What version of dhcpcd? If 2.x try upgrading to 3.0.16

----------

## Tanj

[ebuild   R   ] net-misc/dhcpcd-3.0.16

I would be using that version then.

----------

## UberLord

Interesting.

Could you capture a wireshark trace of the dhcp traffic and email it to me please?

You can force dhcpcd to renew it's lease by doing

dhcpcd -n eth0

which should simulate what's happening

----------

## Tanj

well I just had another complication to the mix. I was going to come check on this thread but my internet was down yet again. So I go /etc/init.d/net.eth0 restart and nothing happens. So I go and take a look at the router. It seems to be up and working just fine but I can't seem to get on the inet. I viewed the DHCP Active IP table and my ip is showing up just fine. I then delete it from the list and restart eth0. Comes back up no problem but I still don't have a connection.

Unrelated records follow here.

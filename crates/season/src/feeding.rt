// The input in pieces: the bytes of a log that is not whole yet are held in a room that is lent.
ghost use Rattle.std.specs.Prelude.{◌≡◌, ◌≤◌, ◌<◌, length, take};
ghost use Rattle.prices.specs.Tariff.{built_in};
ghost use Rattle.request_log.specs.Sizes.{log_room};
ghost use Rattle.request_log.specs.Conditions.{head_verdict};
ghost use Rattle.season.specs.Tallies.{accepts};
ghost use Rattle.season.specs.Steps.{gathered, unfinished, with_bytes, finished, feed_verdict};
ghost use Rattle.season.specs.Answers.{gathered_in, fed, room_left};
ghost use Rattle.season.specs.Needs.{needed};

use crate::steps::{is_full, step};
use crate::{Fed, Season, Tally};
use base::bytes::{at32, clear, copy};
use base::refusals::refuse_if;
use base::{Reason, Verdict};
use prices::Tariff;
use request_log::{LOG_ROOM, head_fault};

// What is left of a piece goes on with this tally and so many bytes held; so many bytes of the piece were taken.
#[derive(Clone, Copy, Debug, PartialEq, Eq)]
pub struct Taken {
    pub tally: Tally,
    pub held: usize,
    pub used: usize,
}

// A header passes.
#[tactic(auto, unfolding(crate::specs::Tallies::accepts))]
fn heads(log: &[u8]) -> bool
    ensures { result ≡ accepts (head_verdict built_in log.now) }
{
    head_fault(Tariff::built_in(), log).is_ok()
}

// Bytes that are not all of a log yet.
fn is_unfinished(log: &[u8]) -> bool
    ensures { result ≡ unfinished built_in log.now }
{
    log.len() < 40 || heads(log) && log.len() < at32(log, 16) as usize
}

// How many bytes more may be taken before what is held is looked at again.
#[tactic(auto, using(crate::specs::Needs::total_more), unfolding(crate::specs::Needs::needed, request_log::specs::Fields::total_length))]
fn need(log: &[u8]) -> usize
    ensures { result ≡ needed built_in log.now }
{
    let n = log.len();
    if n < 40 {
        return 40 - n;
    }
    if is_unfinished(log) {
        return (at32(log, 16) as usize) - n;
    }
    1
}

// Bytes from the front of a piece, as many as the log that is held needs: that log is counted if it is whole then.
fn take_in(tally: Tally, held: usize, room: &mut [u8], piece: &[u8]) -> Taken
    requires { (held < log_room) × (log_room ≤ length room.old) × (1 ≤ length piece.now) }
    ensures room_after { gathered result.tally (take result.held room.new) ≡ with_bytes built_in (gathered tally (take held room.old)) (take result.used piece.now) }
    ensures held_lt_log_room { (result.held < log_room) × (1 ≤ result.used) × (result.used ≤ length piece.now) }
{
    if is_full(tally) {
        return Taken {
            tally: step(tally, &piece[..0]),
            held: 0,
            used: piece.len(),
        };
    }
    let n = need(&room[..held]).min(piece.len());
    copy(room, held, &piece[..n]);
    let end = held + n;
    if is_unfinished(&room[..end]) {
        return Taken {
            tally,
            held: end,
            used: n,
        };
    }
    Taken {
        tally: step(tally, &room[..end]),
        held: 0,
        used: n,
    }
}

// 32 where more is said to be held than an unfinished log can have, 31 for the room.
#[tactic(auto, using(base::specs::RefusalLaws::first_after_ok, base::specs::RefusalLaws::first_after_err), unfolding(crate::specs::Steps::feed_verdict))]
fn feed_fault(held: u64, room: usize) -> Verdict
    ensures { result ≡ feed_verdict held room }
{
    let most = LOG_ROOM as u64;
    refuse_if(most <= held, Reason::BrokenState, 0)?;
    refuse_if(room < LOG_ROOM, Reason::ShortOutput, most)
}

// All bytes of a piece, one log after the other.
fn take_all(tally: Tally, held: usize, room: &mut [u8], piece: &[u8]) -> Taken
    requires { (held < log_room) × (log_room ≤ length room.old) }
    ensures room_after { gathered result.tally (take result.held room.new) ≡ with_bytes built_in (gathered tally (take held room.old)) piece.now }
    ensures held_lt_log_room { result.held < log_room }
{
    let mut sums = tally;
    let mut kept = held;
    let mut at: usize = 0;
    while at < piece.len() {
        let t = take_in(sums, kept, room, &piece[at..]);
        sums = t.tally;
        kept = t.held;
        at += t.used;
    }
    Taken {
        tally: sums,
        held: kept,
        used: at,
    }
}

// The next piece of the input: the logs that it completes are counted, and the bytes of an unfinished one are held at the front of the room, with
// zeros after them. Refused with 32 or 31, the season and the room as they were.
pub fn feed(season: Season, room: &mut [u8], piece: &[u8]) -> Fed
    ensures value { result ≡ fed built_in season room.old piece.now }
    ensures room_after { room.new ≡ room_left built_in season room.old piece.now }
{
    if let Err(r) = feed_fault(season.held, room.len()) {
        return Fed {
            season,
            verdict: Err(r),
        };
    }
    let t = take_all(season.tally, season.held as usize, room, piece);
    clear(room, t.held);
    Fed {
        season: Season {
            tally: t.tally,
            held: t.held as u64,
        },
        verdict: Ok(()),
    }
}

// The end of the input: what is held is the last log.
#[tactic(auto, using(crate::specs::FeedLaws::finish_none, crate::specs::FeedLaws::finish_some))]
pub fn finish(season: Season, room: &[u8]) -> Tally
    ensures { result ≡ finished built_in (gathered_in season room.now) }
{
    let held = (season.held as usize).min(room.len());
    if held == 0 {
        return season.tally;
    }
    step(season.tally, &room[..held])
}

So I give up tinkering and just cold boot the router. As soon as my connection comes back up, my system locks up HARD or atleast to the point where I can't do anything because it isn't responding to keypresses or mouse clicks. The mouse cursor would still move and my music was still playing. I had to use the reset button to shutdown....

Should the dhcpcd -n eth0 get a new ip from the router if I clear the active DHCP table?

how would i go about doing the wireshark trace?

ok I answered that myself by taking a look in portage...emerging it as I type this up.

I'll email you the trace is you supply me with an email  :Smile: 

----------

## UberLord

 *Tanj wrote:*   

> Should the dhcpcd -n eth0 get a new ip from the router if I clear the active DHCP table?

 

Maybe. It will request the same IP though. Whether that's the one the server gives you is another matter entirely.

----------

## Tanj

 *UberLord wrote:*   

>  *Tanj wrote:*   Should the dhcpcd -n eth0 get a new ip from the router if I clear the active DHCP table? 
> 
> Maybe. It will request the same IP though. Whether that's the one the server gives you is another matter entirely.

 

would you be able to see what is happening if you had the trace files?

I did them up but I have nowhere to send them too...if you PM me your email address I'll send them via email

----------

## UberLord

uberlord@gentoo.org

----------

## Tanj

email sent

----------

## UberLord

Nothing wrong in those traces, and no mention of 66.0.0.234.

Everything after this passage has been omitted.